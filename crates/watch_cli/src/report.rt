//! Blocks are gathered in a report, which is put when it is long, and before the next read.
ghost use Rattle.std.specs.Prelude.{◌≡◌, ◌≤◌, ◌<◌, ◌+◌, ◌^◌, ◌++◌, [], false, length, OnOk, OnErr, IfErr};
ghost use Rattle.std.specs.Io.KnownBytes.{Appends};
ghost use Rattle.flux_outside.specs.Reads.{NoEmptyPut};
ghost use Rattle.flux_outside.specs.Told.{AppendsFront};
ghost use Rattle.flux_model.specs.LentLine.{seen_line};
ghost use Rattle.flux_model.specs.Reading.{update_reading};
ghost use Rattle.watch_core.specs.Session.{after_said, after_all, next_block, next_blocks, said_by, last_text, end_text};
ghost use Rattle.watch_core.specs.SessionStates.{watched};
ghost use Rattle.stream_lines.specs.Lent.{one_line};
ghost use Rattle.watch_cli.specs.ReportProgress.{Wrote};
ghost use Rattle.watch_cli.specs.EarlyEnds.{WriteEnds};
ghost use Rattle.watch_cli.specs.RunCosts.{next_cost, next_costs};

use crate::status::Status;
use flux_model::{Ledger, Line, Steps};
use flux_outside::Sink;
use graph_traits::{KeepGraph, ReadGraph};
use stream_lines::Lines;
use watch_core::Session;

/// How long a report may grow before it is put.
pub const LONG: usize = 65536;

/// Puts the report, if there is one, and begins a new one.
pub fn put_report<W: Sink>(report: &mut Vec<u8>, out: &mut W) -> Result<(), Status>
    ensures ok { OnOk result (Appends (W.taken out.old) (W.taken out.new) report.old.items) }
    ensures empty { OnOk result (report.new.items ≡ []) }
    ensures err { OnErr result (AppendsFront (W.taken out.old) (W.taken out.new) report.old.items) }
    ensures later { W.faults out.old ≤ W.faults out.new }
    ensures status { IfErr result (WriteEnds (W.faults out.old) (W.faults out.new)) }
    ensures puts { NoEmptyPut (W.puts out.old) (W.puts out.new) }
{
    if report.is_empty() {
        return Ok(());
    }
    match out.put(report.as_slice()) {
        Ok(()) => {
            report.clear();
            Ok(())
        }
        Err(_) => Err(Status::WriteFault),
    }
}

/// Takes a line, and adds its block to the report. Where memory is refused, what was gathered is put first.
pub fn report_line<G: KeepGraph + ReadGraph<L>, W: Sink, L: Ledger>(
    session: &mut Session<G>,
    line: &Line<'_>,
    report: &mut Vec<u8>,
    out: &mut W,
    steps: &mut Steps<L>,
) -> Result<(), Status>
    requires whole { session.old.is_broken ≡ false }
    requires few { session.old.lines < 2 ^ 60 }
    ensures after { OnOk result (watched session.new ≡ after_said (watched session.old) (update_reading (seen_line line.now))) }
    ensures trees { OnOk result (session.new.registry.trees ≡ session.old.registry.trees) }
    ensures steps { let said = update_reading (seen_line line.now) in
        OnOk result (steps.new ≤ steps.old + next_cost (watched session.old) session.old.registry.trees said) }
    ensures whole { OnOk result (session.new.is_broken ≡ false) }
    ensures ok { OnOk result (Wrote (W.taken out.old) (W.taken out.new) report.old.items report.new.items
        (next_block (watched session.old) (update_reading (seen_line line.now)))) }
    ensures err { OnErr result (AppendsFront (W.taken out.old) (W.taken out.new)
        (report.old.items ++ next_block (watched session.old) (update_reading (seen_line line.now)))) }
    ensures later { W.faults out.old ≤ W.faults out.new }
    ensures status { IfErr result (WriteEnds (W.faults out.old) (W.faults out.new)) }
    ensures puts { NoEmptyPut (W.puts out.old) (W.puts out.new) }
{
    let Ok(()) = session.line(line, report, steps) else {
        let _ = put_report(report, out);
        return Err(Status::Memory);
    };
    if report.len() < LONG {
        return Ok(());
    }
    put_report(report, out)
}

/// Takes every line that waits, and puts the blocks.
pub fn report_waiting<G: KeepGraph + ReadGraph<L>, W: Sink, L: Ledger>(
    session: &mut Session<G>,
    lines: &mut Lines,
    report: &mut Vec<u8>,
    out: &mut W,
    steps: &mut Steps<L>,
) -> Result<(), Status>
    requires whole { session.old.is_broken ≡ false }
    requires fits { session.old.lines + length lines.old.queue ≤ 2 ^ 60 }
    requires empty { report.old.items ≡ [] }
    ensures after { OnOk result (watched session.new ≡ after_all (watched session.old) (said_by lines.old.queue)) }
    ensures trees { OnOk result (session.new.registry.trees ≡ session.old.registry.trees) }
    ensures steps { let saids = said_by lines.old.queue in
        OnOk result (steps.new ≤ steps.old + next_costs (watched session.old) session.old.registry.trees saids) }
    ensures whole { OnOk result (session.new.is_broken ≡ false) }
    ensures ok { let text = next_blocks (watched session.old) (said_by lines.old.queue) in
        OnOk result (Appends (W.taken out.old) (W.taken out.new) text) }
    ensures empty { OnOk result (report.new.items ≡ []) }
    ensures waiting { OnOk result (lines.new ≡ record lines.old { queue = [] }) }
    ensures err { let text = next_blocks (watched session.old) (said_by lines.old.queue) in
        OnErr result (AppendsFront (W.taken out.old) (W.taken out.new) text) }
    ensures later { W.faults out.old ≤ W.faults out.new }
    ensures status { IfErr result (WriteEnds (W.faults out.old) (W.faults out.new)) }
    ensures puts { NoEmptyPut (W.puts out.old) (W.puts out.new) }
{
    while let Some(line) = lines.first() {
        report_line(session, &line, report, out, steps)?;
        lines.pass();
    }
    put_report(report, out)
}

/// Takes the last line, if there is one, and puts its block and the end line.
pub fn report_end<G: KeepGraph + ReadGraph<L>, W: Sink, L: Ledger>(
    session: &mut Session<G>,
    last: Option<Line<'_>>,
    report: &mut Vec<u8>,
    out: &mut W,
    steps: &mut Steps<L>,
) -> Result<(), Status>
    requires whole { session.old.is_broken ≡ false }
    requires fits { session.old.lines < 2 ^ 60 }
    requires empty { report.old.items ≡ [] }
    ensures after { OnOk result (watched session.new ≡ after_all (watched session.old) (said_by (one_line last.entry))) }
    ensures steps { let saids = said_by (one_line last.entry) in
        OnOk result (steps.new ≤ steps.old + next_costs (watched session.old) session.old.registry.trees saids) }
    ensures whole { OnOk result (session.new.is_broken ≡ false) }
    ensures ok { let text = last_text (watched session.old) (said_by (one_line last.entry)) in
        OnOk result (Appends (W.taken out.old) (W.taken out.new) text) }
    ensures err { let text = last_text (watched session.old) (said_by (one_line last.entry)) in
        OnErr result (AppendsFront (W.taken out.old) (W.taken out.new) text) }
    ensures later { W.faults out.old ≤ W.faults out.new }
    ensures status { IfErr result (WriteEnds (W.faults out.old) (W.faults out.new)) }
    ensures puts { NoEmptyPut (W.puts out.old) (W.puts out.new) }
{
    match last {
        None => end_report(session, report, out),
        Some(line) => {
            report_line(session, &line, report, out, steps)?;
            end_report(session, report, out)
        }
    }
}

/// Puts the report with the end line behind it. Where memory is refused, what was gathered is put first.
fn end_report<G: KeepGraph, W: Sink>(
    session: &Session<G>,
    report: &mut Vec<u8>,
    out: &mut W,
) -> Result<(), Status>
    ensures ok { OnOk result (Appends (W.taken out.old) (W.taken out.new) (report.old.items ++ end_text (watched session.now))) }
    ensures err { OnErr result (AppendsFront (W.taken out.old) (W.taken out.new) (report.old.items ++ end_text (watched session.now))) }
    ensures later { W.faults out.old ≤ W.faults out.new }
    ensures status { IfErr result (WriteEnds (W.faults out.old) (W.faults out.new)) }
    ensures puts { NoEmptyPut (W.puts out.old) (W.puts out.new) }
{
    let Ok(()) = session.end(report) else {
        let _ = put_report(report, out);
        return Err(Status::Memory);
    };
    put_report(report, out)
}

WHAT YOU ARE ASKED TO DO
Report, as a bare number, how many lines above contain the string "fits".

RESULT FOR THIS EXERCISE
2